MatthiasDammes schrieb:


> Curse (ohne o) ist doch aber Fluch



achso, ok dann mein Fehler. Dachte es wäre Kurs im Sinne von Route gewesen

dachte da wäre die Reise der Figuren zur Isla deMuerta (oder wie die Insel hieß wo der Schatz lag) gemeint


----------



## Worrel (9. September 2017)

LOX-TT schrieb:


> der Fluch kam im englischen Titel nie vor, auch nicht im 1. Teil  der hieß nämlich "Course of the Black Pearl" was sich auf Hector Barbossas (und später Jack Sparrows) Schiff bezieht, auf deutsch wäre das dann "Der Kurs der Schwarzen Perle", da das ein Eigenname ist, wäre schwarze auch groß.
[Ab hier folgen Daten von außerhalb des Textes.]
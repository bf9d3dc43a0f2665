//! Tests of the checker, with ample memory.

ghost use Rattle.std.specs.Prelude.{◌≡◌, IfOk};
ghost use Rattle.sc_rules.specs.Example.{example, ExampleIsProblem};

use super::*;
use sc_terms::{
    Bases, Element, Elements, Formula, Formulas, Memory, Numbers, Parts, Problem, Sequence,
    SetTerm, Sets, Sort,
};
use std::alloc::{AllocError, Global};
use std::process::Abort;
use std::test::Fail;

fn formulas(alloc: Global) -> Result<Formulas, Memory>
    ensures { IfOk result (λ formulas. formulas ≡ example.formulas) }
{
    let mut formulas = Formulas::new(alloc);
    formulas.push(Formula::Member(1, 1))?;
    formulas.push(Formula::Member(1, 3))?;
    formulas.push(Formula::Eq(2, 1))?;
    formulas.push(Formula::EqSet(2, 1))?;
    formulas.push(Formula::Not(2))?;
    Ok(formulas)
}

fn elements(alloc: Global) -> Result<Elements, Memory>
    ensures { IfOk result (λ elements. elements ≡ example.elements) }
{
    let mut elements = Elements::new(alloc);
    elements.push(Element::Const(21, Sort::Named(1)))?;
    elements.push(Element::Const(22, Sort::Named(1)))?;
    elements.push(Element::Const(23, Sort::Named(1)))?;
    elements.push(Element::Const(24, Sort::Named(2)))?;
    elements.push(Element::Diff(1, 2))?;
    Ok(elements)
}

fn sets(alloc: Global) -> Result<Sets, Memory>
    ensures { IfOk result (λ sets. sets ≡ example.sets) }
{
    Ok(Sets::from_slice(
        alloc,
        &[
            SetTerm::Const(11, Sort::SetNamed(1)),
            SetTerm::Const(12, Sort::SetNamed(1)),
            SetTerm::Union(1, 2),
            SetTerm::Inter(1, 2),
            SetTerm::Minus(1, 2),
            SetTerm::Single(1),
            SetTerm::Empty(Sort::SetNamed(1)),
            SetTerm::Const(13, Sort::SetNamed(2)),
        ],
    )?)
}

fn components(alloc: Global) -> Result<Bases, Memory>
    ensures { IfOk result (λ components. components ≡ example.components) }
{
    let mut components = Bases::new(alloc);
    components.push(Numbers::from_slice(alloc, &[1, 2, 3, 4, 5])?)?;
    components.push(Numbers::from_slice(alloc, &[6])?)?;
    components.push(Numbers::from_slice(alloc, &[8])?)?;
    Ok(components)
}

fn bases(alloc: Global) -> Result<Bases, Memory>
    ensures { IfOk result (λ bases. bases ≡ example.bases) }
{
    let mut bases = Bases::new(alloc);
    bases.push(Numbers::from_slice(alloc, &[1, 2])?)?;
    bases.push(Numbers::from_slice(alloc, &[6])?)?;
    bases.push(Numbers::from_slice(alloc, &[8])?)?;
    Ok(bases)
}

/// Element 1 is to be in set 1, and not in the union of sets 1 and 2. Elements 1 to 3 are of one sort, 4 of another, and 5, the differing element of sets 1 and 2. Set 3 is the union of sets 1 and 2, 4 their intersection, 5 their difference, 6 holds element 1 alone, 7 is empty, and 8 is of another sort.
fn example_parts(alloc: Global) -> Result<Parts, Memory>
    ensures { IfOk result (λ parts. parts ≡ example) }
{
    Ok(Parts {
        roots: Numbers::from_slice(alloc, &[1, 5])?,
        assertions: Numbers::from_slice(alloc, &[31, 35])?,
        formulas: formulas(alloc)?,
        sets: sets(alloc)?,
        elements: elements(alloc)?,
        ints: Numbers::new(alloc),
        components: components(alloc)?,
        bases: bases(alloc)?,
    })
}

/// The example is a problem.
#[tactic(auto, using(crate::proofs::Examples::example_is_problem))]
fn example_is_problem()
    ensures { ExampleIsProblem }
{}

fn example_problem(alloc: Global) -> Result<Problem, Memory> {
    let parts = example_parts(alloc)?;
    example_is_problem();
    Ok(Problem::from_parts(parts))
}

fn plain(step: PlainStep) -> Node {
    Node::Step(Step::Plain(step))
}

/// Element 1 is in set 1, so that it is in its union with set 2.
fn clash() -> Node {
    Node::Closing(Closing::Clash(FactName::Member(1, 3)))
}

fn refused(node: u64, reason: Reason) -> Option<Judgement> {
    Some(Judgement::Refused { node, reason })
}

/// What a check says of the nodes, or nothing where they are no derivation.
fn judged(alloc: Global, problem: &Problem, nodes: Vec<Node>) -> Result<Option<Judgement>, Memory> {
    let derivation = Derivation {
        lemmas: Sequence::new(alloc),
        nodes: Sequence::from_vec(nodes),
    };
    if !is_spelt(&derivation) {
        return Ok(None);
    }
    Ok(Some(check(alloc, problem, &derivation.clone()?)?))
}

/// Adds what refutes the problem on every path: three steps to the memberships of element 1, one by the operator, and the clash.
fn push_refutation(nodes: &mut Vec<Node>) -> Result<(), Memory> {
    nodes
        .push(plain(PlainStep::Atom(1)))
        .map_err(AllocError::from)?;
    nodes
        .push(plain(PlainStep::Unit(5, 1)))
        .map_err(AllocError::from)?;
    nodes
        .push(plain(PlainStep::Atom(2)))
        .map_err(AllocError::from)?;
    nodes
        .push(plain(PlainStep::Op(1, 3, 0)))
        .map_err(AllocError::from)?;
    nodes.push(clash()).map_err(AllocError::from)?;
    Ok(())
}

fn check_chains(rt: &impl Abort, alloc: Global, problem: &Problem) -> Result<(), Fail> {
    let mut chain = Vec::new(alloc);
    push_refutation(&mut chain)?;
    assert_eq!(rt; judged(alloc, problem, chain)?, Some(Judgement::Accepted));
    let one_sign = vec![in alloc; plain(PlainStep::Atom(1)), clash()]?;
    assert_eq!(rt; judged(alloc, problem, one_sign)?, refused(2, Reason::Q2));
    let stuck = vec![in alloc; plain(PlainStep::Atom(2)), clash()]?;
    assert_eq!(rt; judged(alloc, problem, stuck)?, refused(1, Reason::Q1));
    let left_over = vec![in alloc; clash(), clash()]?;
    assert_eq!(rt; judged(alloc, problem, left_over)?, None);
    Ok(())
}

/// A cut on the equality of sets 1 and 2, and where they differ, on which has their differing element.
fn check_fork(rt: &impl Abort, alloc: Global, problem: &Problem) -> Result<(), Fail> {
    let mut fork = vec![in alloc; plain(PlainStep::Cut(FactName::EqSet(1, 2)))]?;
    push_refutation(&mut fork)?;
    fork.push(plain(PlainStep::Differ(2, 1)))
        .map_err(AllocError::from)?;
    push_refutation(&mut fork)?;
    push_refutation(&mut fork)?;
    assert_eq!(rt; judged(alloc, problem, fork)?, Some(Judgement::Accepted));
    Ok(())
}

/// A `differ` where the sets are not known to differ, and one with one branch.
fn check_refused_forks(rt: &impl Abort, alloc: Global, problem: &Problem) -> Result<(), Fail> {
    let early = vec![in alloc; plain(PlainStep::Differ(1, 2)), clash(), clash()]?;
    assert_eq!(rt; judged(alloc, problem, early)?, refused(1, Reason::Q1));
    let half = vec![in alloc; plain(PlainStep::Differ(1, 2)), clash()]?;
    assert_eq!(rt; judged(alloc, problem, half)?, None);
    let second = vec![in alloc;
        plain(PlainStep::Cut(FactName::EqSet(1, 2))),
        clash(),
        plain(PlainStep::EqRefl(6)),
        clash(),
    ]?;
    assert_eq!(rt; judged(alloc, problem, second)?, refused(2, Reason::Q2));
    Ok(())
}

#[test]
fn trees_of_set_steps(rt: HostRuntime) -> Result<(), Fail> {
    let problem = example_problem(rt.alloc())?;
    check_chains(&rt, rt.alloc(), &problem)?;
    check_fork(&rt, rt.alloc(), &problem)?;
    check_refused_forks(&rt, rt.alloc(), &problem)
}
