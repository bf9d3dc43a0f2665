//! The open branches of a tree.

ghost use Rattle.std.specs.Prelude.{◌≡◌, ◌≢◌, ◌↔◌, ◌≤◌, [], ◌∷◌, ◌++◌, OnOk, IsTrue, length};
ghost use Rattle.sc_rules.specs.Steps.{lists_of};
ghost use Rattle.sc_deriv.specs.Judging.{grown};
ghost use Rattle.sc_deriv.specs.OpenPaths.{first_path, other_paths};

use crate::stack::Stack;
use sc_facts::{Facts, Path};
use sc_rules::Branches;
use sc_terms::Memory;
use std::alloc::Global;
use std::marker::Model;

/// Where a branch that waits goes on: at so many facts of the path, with its own after them.
#[derive(Drop)]
pub struct Turn {
    pub count: usize,
    pub facts: Facts,
}

/// The open branches of a tree that is read in preorder, seen as the list of their paths, the current one first.
#[derive(Drop)]
pub struct Walk {
    going: bool,
    path: Path,
    waiting: Stack<Turn>,
}

impl Model for Walk {
    ghost use Rattle.std.specs.Prelude.{List, length};
    ghost use Rattle.sc_facts.specs.declared.fact.Fact.{Fact};
    ghost use Rattle.sc_facts.specs.Paths.{root_count};
    ghost use Rattle.sc_deriv.specs.OpenPaths.{open_paths, IsNested};

    ghost Value = { List (List Fact) };

    ghost view = { λ w. open_paths w.going w.path.facts w.waiting };

    ghost invariant = { λ w. IsNested (root_count w.path) (length w.path.facts) w.waiting };
}

impl Walk {
    /// The one branch of a tree that begins on a path.
    pub fn new(alloc: Global, path: Path) -> Walk
        ensures { result ≡ path.facts ∷ [] }
    {
        Walk {
            going: true,
            path,
            waiting: Stack::new(alloc),
        }
    }

    /// Whether no branch is open.
    pub fn is_done(&self) -> bool
        ensures { IsTrue result ↔ (self.now ≡ []) }
    {
        !self.going
    }

    /// The path of the current branch.
    pub fn path(&self) -> &Path
        requires { self.now ≢ [] }
        ensures { result.now.facts ≡ first_path self.now }
    {
        &self.path
    }

    /// The current branch goes on with the branches of a step, the first of them first.
    pub fn branch(&mut self, branches: Branches) -> Result<(), Memory>
        requires { self.old ≢ [] }
        ensures { OnOk result (self.new ≡ grown (first_path self.old) (lists_of branches) ++ other_paths self.old) }
    {
        match branches {
            Branches::One(facts) => self.append(facts),
            Branches::Two(first, second) => {
                self.wait(second)?;
                self.append(first)
            }
        }
    }

    /// The current branch goes on with more facts.
    fn append(&mut self, facts: Facts) -> Result<(), Memory>
        requires { self.old ≢ [] }
        ensures { OnOk result (self.new ≡ (first_path self.old ++ facts) ∷ other_paths self.old) }
    {
        self.path.append(facts)
    }

    /// A branch that goes on from here with more facts is to be taken next after the current one.
    fn wait(&mut self, facts: Facts) -> Result<(), Memory>
        requires { self.old ≢ [] }
        ensures { OnOk result (self.new ≡ first_path self.old ∷ (first_path self.old ++ facts) ∷ other_paths self.old) }
    {
        let count = self.path.len();
        self.waiting.push(Turn { count, facts })
    }

    /// The current branch ends, and the one that waited last is taken up.
    pub fn close(&mut self) -> Result<(), Memory>
        requires { self.old ≢ [] }
        ensures { OnOk result (self.new ≡ other_paths self.old) }
    {
        match self.waiting.pop() {
            Some(turn) => {
                self.path.cut_back(turn.count);
                self.path.append(turn.facts)
            }
            None => {
                self.going = false;
                Ok(())
            }
        }
    }
}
OK, aber da "Black Pearl" ein Eigenname ist, wird der nicht übersetzt und daher wäre ein korrekter deutscher Titel:
_"Piraten der Karibik: Der Fluch der Black Pearl"_


----------



## Wutruus (9. September 2017)

... Das Problem ist, dass ich der aktuellen Filmindustrie durchaus zutraue, den Titel fälschlicherweise so gewählt zu haben und trotz Aufklärung beizubehalten.


----------



## Gast1649365804 (10. September 2017)

Welch Überraschung...Luke ist ein Jedi, vielleicht sogar der letzte seiner Zunft.
Kaum ein Tag, aan dem es nicht eine neue "Enthüllung" zu Episode 8 gibt.
Super nervig...einfach den Film schauen, wenn er läuft. 
Fast schon so schlimm wie die tägliche Dosis GoT - News - Dauerschleife.


----------



## LOX-TT (10. September 2017)

wenn es dich nicht interessiert dann klick es nicht an. Andere, wie ich und sichere einige andere hier, freuen sich über die News bzw. finden sie interessant. Niemand ist gezwungen etwas anzuklicken bzw. zu lesen, wenn er es nicht will. Wo liegt das Problem?


----------



## Gast1649365804 (10. September 2017)

Stimmt, hast recht...trotzdem, es wird heute viel zu viel vor einem Filmstart schon verraten, geleaked, usw.
Man braucht doch Filme gar nicht mehr schauen, wenn man vorher schon das meiste drüber erfahren kann und ich meine damit in erster Linie handlungsrelevante Dinge. Naja, was solls...ich bin raus.


----------